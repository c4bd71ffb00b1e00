// The gates of a sheet: their lines, from the first to the last, and the first gate that is never read.
#![tactic(auto)]

ghost use Rattle.std.specs.Prelude.{◌≤◌, length};
ghost use Rattle.sheet_gates.specs.Gates.{GatesRead, UnreadFound};

use flags::flag;
use sheet::{Edge, FANIN_ROOM, Gate, MOST_GATES, SheetError, Source, at_line};
use sheet_fanin::{FLAG_WORDS, read_fanin, with_leaf};
use sheet_line::read_gate_line;
use tree::Kind;

// The lines of gates that were read: the gates, their fanins, the place after them, and a flag raised for each number that was a fanin.
#[derive(Clone, Copy)]
pub struct Lines {
    pub end: usize,
    pub gates: [Gate; MOST_GATES],
    pub fanins: [Edge; FANIN_ROOM],
    pub seen: [u64; FLAG_WORDS],
}

// The lines of so many gates, from a place on.
pub fn gate_lines(text: &[u8], start: usize, out: u16, count: u8) -> Result<Lines, SheetError>
    requires { start ≤ length text.now }
    ensures { GatesRead text.now start out count result }
{
    let no_gate = Gate {
        kind: Kind::And,
        count: 0,
        first: 0,
    };
    let mut gates = [no_gate; MOST_GATES];
    let no_fanin = Edge {
        inverted: false,
        source: Source::Net(0),
    };
    let mut fanins = [no_fanin; FANIN_ROOM];
    let mut used: usize = 0;
    let mut seen = [0u64; FLAG_WORDS];
    let mut leaves: u16 = 0;
    let mut end = start;
    // a faulty line or fanin ends both loops
    let mut fault = None;
    'lines: for g in 0..count as usize {
        let gate = g as u16 + 1;
        let line = match at_line(read_gate_line(text, end), gate + 1) {
            Ok(line) => line,
            Err(error) => {
                fault = Some(error);
                break 'lines;
            }
        };
        for i in 0..line.count as usize {
            let x = line.numbers[i + 2];
            let fanin = read_fanin(&mut seen, leaves, out, gate, x.magnitude);
            let source = match at_line(fanin, gate + 1) {
                Ok(source) => source,
                Err(error) => {
                    fault = Some(error);
                    break 'lines;
                }
            };
            let at = used + i;
            fanins[at] = Edge {
                inverted: x.sign != 0,
                source,
            };
            leaves = with_leaf(leaves, source);
        }
        gates[g] = Gate {
            kind: line.kind,
            count: line.count,
            first: used as u16,
        };
        used += line.count as usize;
        end = line.end;
    }
    match fault {
        None => Ok(Lines {
            end,
            gates,
            fanins,
            seen,
        }),
        Some(error) => Err(error),
    }
}

// The line of the first gate that is never read, the root left aside.
pub fn first_unread(seen: &[u64], count: u8) -> Option<u16>
    ensures { UnreadFound seen.now count result }
{
    let base = tree::CODE_BASE as usize;
    for g in 1..count as usize {
        if !flag(seen, base + g) {
            return Some(g as u16 + 1);
        }
    }
    None
}
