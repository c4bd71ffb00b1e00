// Levels by an array that holds one for each code: the level of a record that follows others, and what is noted of it.
// table/specs/LevelTest defines it, and table/specs/LevelTestLaws has the proof that it stands for the records.
#![tactic(auto)]

ghost use Rattle.std.specs.Prelude.{◌≡◌, map, ℕ, ◌≤◌, ◌<◌, get_or, set, take};
ghost use Rattle.cover.specs.Trusted.Tables.{greatest};
ghost use Rattle.table.specs.Trusted.Limits.{table_room};
ghost use Rattle.table.specs.Trusted.Records.{reads};
ghost use Rattle.table.specs.LevelTest.{level_in, is_levelled_in, noted, noted_next};

use table::{Table, in_use};
use tree::CODE_BASE;

// The level of a code, 0 where the array has no place for it.
fn level_at(levels: &[u16], code: u16) -> u16
    ensures { result ≡ get_or levels.now code 0 }
{
    levels.get(usize::from(code)).copied().unwrap_or(0)
}

// The greatest level of the first n inputs.
fn greatest_level(levels: &[u16], inputs: [u16; 6], n: usize) -> u16
    requires { n ≤ 6 }
    ensures { result ≡ greatest (map (λ c. get_or levels.now c 0) (take n inputs)) }
{
    let mut most = 0;
    for &code in &inputs[..n] {
        most = level_at(levels, code).max(most);
    }
    most
}

// The code's level set, where the array has a place for it.
fn set_level(levels: &mut [u16], code: usize, level: u16)
    ensures { levels.new ≡ set levels.old code level }
{
    if code < levels.len() {
        levels[code] = level;
    }
}

// The level of table `at`, counted from 0, noted at its own code and at the net that it drives, if any.
fn note_level(levels: &mut [u16], at: usize, net: u16, level: u16)
    requires { at < table_room }
    ensures { levels.new ≡ noted levels.old at net level }
{
    set_level(levels, CODE_BASE as usize + at + 1, level);
    if net != 0 {
        set_level(levels, net as usize, level);
    }
}

// The level of table `at`, which drives the net and reads the first `count` inputs, by the levels of these: worked out and noted.
pub fn next_level(levels: &mut [u16], at: usize, net: u16, count: u8, inputs: [u16; 6]) -> u16
    requires { (at < table_room) × ((c : ℕ) → get_or levels.old c 0 ≤ table_room) }
    ensures { (result ≡ level_in levels.old (take count inputs)) × (levels.new ≡ noted_next levels.old at net (take count inputs)) }
{
    let level = greatest_level(levels, inputs, in_use(count)) + 1;
    note_level(levels, at, net, level);
    level
}

// Record `at` has the level that is worked out, which is noted.
pub fn is_levelled(levels: &mut [u16], at: usize, r: Table) -> bool
    requires { (at < table_room) × ((c : ℕ) → get_or levels.old c 0 ≤ table_room) }
    ensures { (result ≡ is_levelled_in levels.old r) × (levels.new ≡ noted_next levels.old at r.net (reads r)) }
{
    next_level(levels, at, r.net, r.count, r.inputs) == r.level
}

● ● ●

Reproduce the data. Keep it exact.

repository c4bd71ffb00b1e00
// The gates of a sheet: their lines, from the first to the last, and the first gate that is never read.
#![tactic(auto)]

ghost use Rattle.std.specs.Prelude.{◌≤◌, length};
ghost use Rattle.sheet_gates.specs.Gates.{GatesRead, UnreadFound};

use flags::flag;
use sheet::{Edge, FANIN_ROOM, Gate, MOST_GATES, SheetError, Source, at_line};
use sheet_fanin::{FLAG_WORDS, read_fanin, with_leaf};
use sheet_line::read_gate_line;
use tree::Kind;

// The lines of gates that were read: the gates, their fanins, the place after them, and a flag raised for each number that was a fanin.
#[derive(Clone, Copy)]
pub struct Lines {
    pub end: usize,
    pub gates: [Gate; MOST_GATES],
    pub fanins: [Edge; FANIN_ROOM],
    pub seen: [u64; FLAG_WORDS],
}

// The lines of so many gates, from a place on.
pub fn gate_lines(text: &[u8], start: usize, out: u16, count: u8) -> Result<Lines, SheetError>
    requires { start ≤ length text.now }
    ensures { GatesRead text.now start out count result }
{
    let no_gate = Gate {
        kind: Kind::And,
        count: 0,
        first: 0,
    };
    let mut gates = [no_gate; MOST_GATES];
    let no_fanin = Edge {
        inverted: false,
        source: Source::Net(0),
    };
    let mut fanins = [no_fanin; FANIN_ROOM];
    let mut used: usize = 0;
    let mut seen = [0u64; FLAG_WORDS];
    let mut leaves: u16 = 0;
    let mut end = start;
    // a faulty line or fanin ends both loops
    let mut fault = None;
    'lines: for g in 0..count as usize {
        let gate = g as u16 + 1;
        let line = match at_line(read_gate_line(text, end), gate + 1) {
            Ok(line) => line,
            Err(error) => {
                fault = Some(error);
                break 'lines;
            }
        };
        for i in 0..line.count as usize {
            let x = line.numbers[i + 2];
            let fanin = read_fanin(&mut seen, leaves, out, gate, x.magnitude);
            let source = match at_line(fanin, gate + 1) {
                Ok(source) => source,
                Err(error) => {
                    fault = Some(error);
                    break 'lines;
                }
            };
            let at = used + i;
            fanins[at] = Edge {
                inverted: x.sign != 0,
                source,
            };
            leaves = with_leaf(leaves, source);
        }
        gates[g] = Gate {
            kind: line.kind,
            count: line.count,
            first: used as u16,
        };
        used += line.count as usize;
        end = line.end;
    }
    match fault {
        None => Ok(Lines {
            end,
            gates,
            fanins,
            seen,
        }),
        Some(error) => Err(error),
    }
}

// The line of the first gate that is never read, the root left aside.
pub fn first_unread(seen: &[u64], count: u8) -> Option<u16>
    ensures { UnreadFound seen.now count result }
{
    let base = tree::CODE_BASE as usize;
    for g in 1..count as usize {
        if !flag(seen, base + g) {
            return Some(g as u16 + 1);
        }
    }
    None
}
repository c4bd71ffb00b1e00
// Levels by an array that holds one for each code: the level of a record that follows others, and what is noted of it.
// table/specs/LevelTest defines it, and table/specs/LevelTestLaws has the proof that it stands for the records.
#![tactic(auto)]

ghost use Rattle.std.specs.Prelude.{◌≡◌, map, ℕ, ◌≤◌, ◌<◌, get_or, set, take};
ghost use Rattle.cover.specs.Trusted.Tables.{greatest};
ghost use Rattle.table.specs.Trusted.Limits.{table_room};
ghost use Rattle.table.specs.Trusted.Records.{reads};
ghost use Rattle.table.specs.LevelTest.{level_in, is_levelled_in, noted, noted_next};

use table::{Table, in_use};
use tree::CODE_BASE;

// The level of a code, 0 where the array has no place for it.
fn level_at(levels: &[u16], code: u16) -> u16
    ensures { result ≡ get_or levels.now code 0 }
{
    levels.get(usize::from(code)).copied().unwrap_or(0)
}

// The greatest level of the first n inputs.
fn greatest_level(levels: &[u16], inputs: [u16; 6], n: usize) -> u16
    requires { n ≤ 6 }
    ensures { result ≡ greatest (map (λ c. get_or levels.now c 0) (take n inputs)) }
{
    let mut most = 0;
    for &code in &inputs[..n] {
        most = level_at(levels, code).max(most);
    }
    most
}

// The code's level set, where the array has a place for it.
fn set_level(levels: &mut [u16], code: usize, level: u16)
    ensures { levels.new ≡ set levels.old code level }
{
    if code < levels.len() {
        levels[code] = level;
    }
}

// The level of table `at`, counted from 0, noted at its own code and at the net that it drives, if any.
fn note_level(levels: &mut [u16], at: usize, net: u16, level: u16)
    requires { at < table_room }
    ensures { levels.new ≡ noted levels.old at net level }
{
    set_level(levels, CODE_BASE as usize + at + 1, level);
    if net != 0 {
        set_level(levels, net as usize, level);
    }
}

// The level of table `at`, which drives the net and reads the first `count` inputs, by the levels of these: worked out and noted.
pub fn next_level(levels: &mut [u16], at: usize, net: u16, count: u8, inputs: [u16; 6]) -> u16
    requires { (at < table_room) × ((c : ℕ) → get_or levels.old c 0 ≤ table_room) }
    ensures { (result ≡ level_in levels.old (take count inputs)) × (levels.new ≡ noted_next levels.old at net (take count inputs)) }
{
    let level = greatest_level(levels, inputs, in_use(count)) + 1;
    note_level(levels, at, net, level);
    level
}

// Record `at` has the level that is worked out, which is noted.
pub fn is_levelled(levels: &mut [u16], at: usize, r: Table) -> bool
    requires { (at < table_room) × ((c : ℕ) → get_or levels.old c 0 ≤ table_room) }
    ensures { (result ≡ is_levelled_in levels.old r) × (levels.new ≡ noted_next levels.old at r.net (reads r)) }
{
    next_level(levels, at, r.net, r.count, r.inputs) == r.level
}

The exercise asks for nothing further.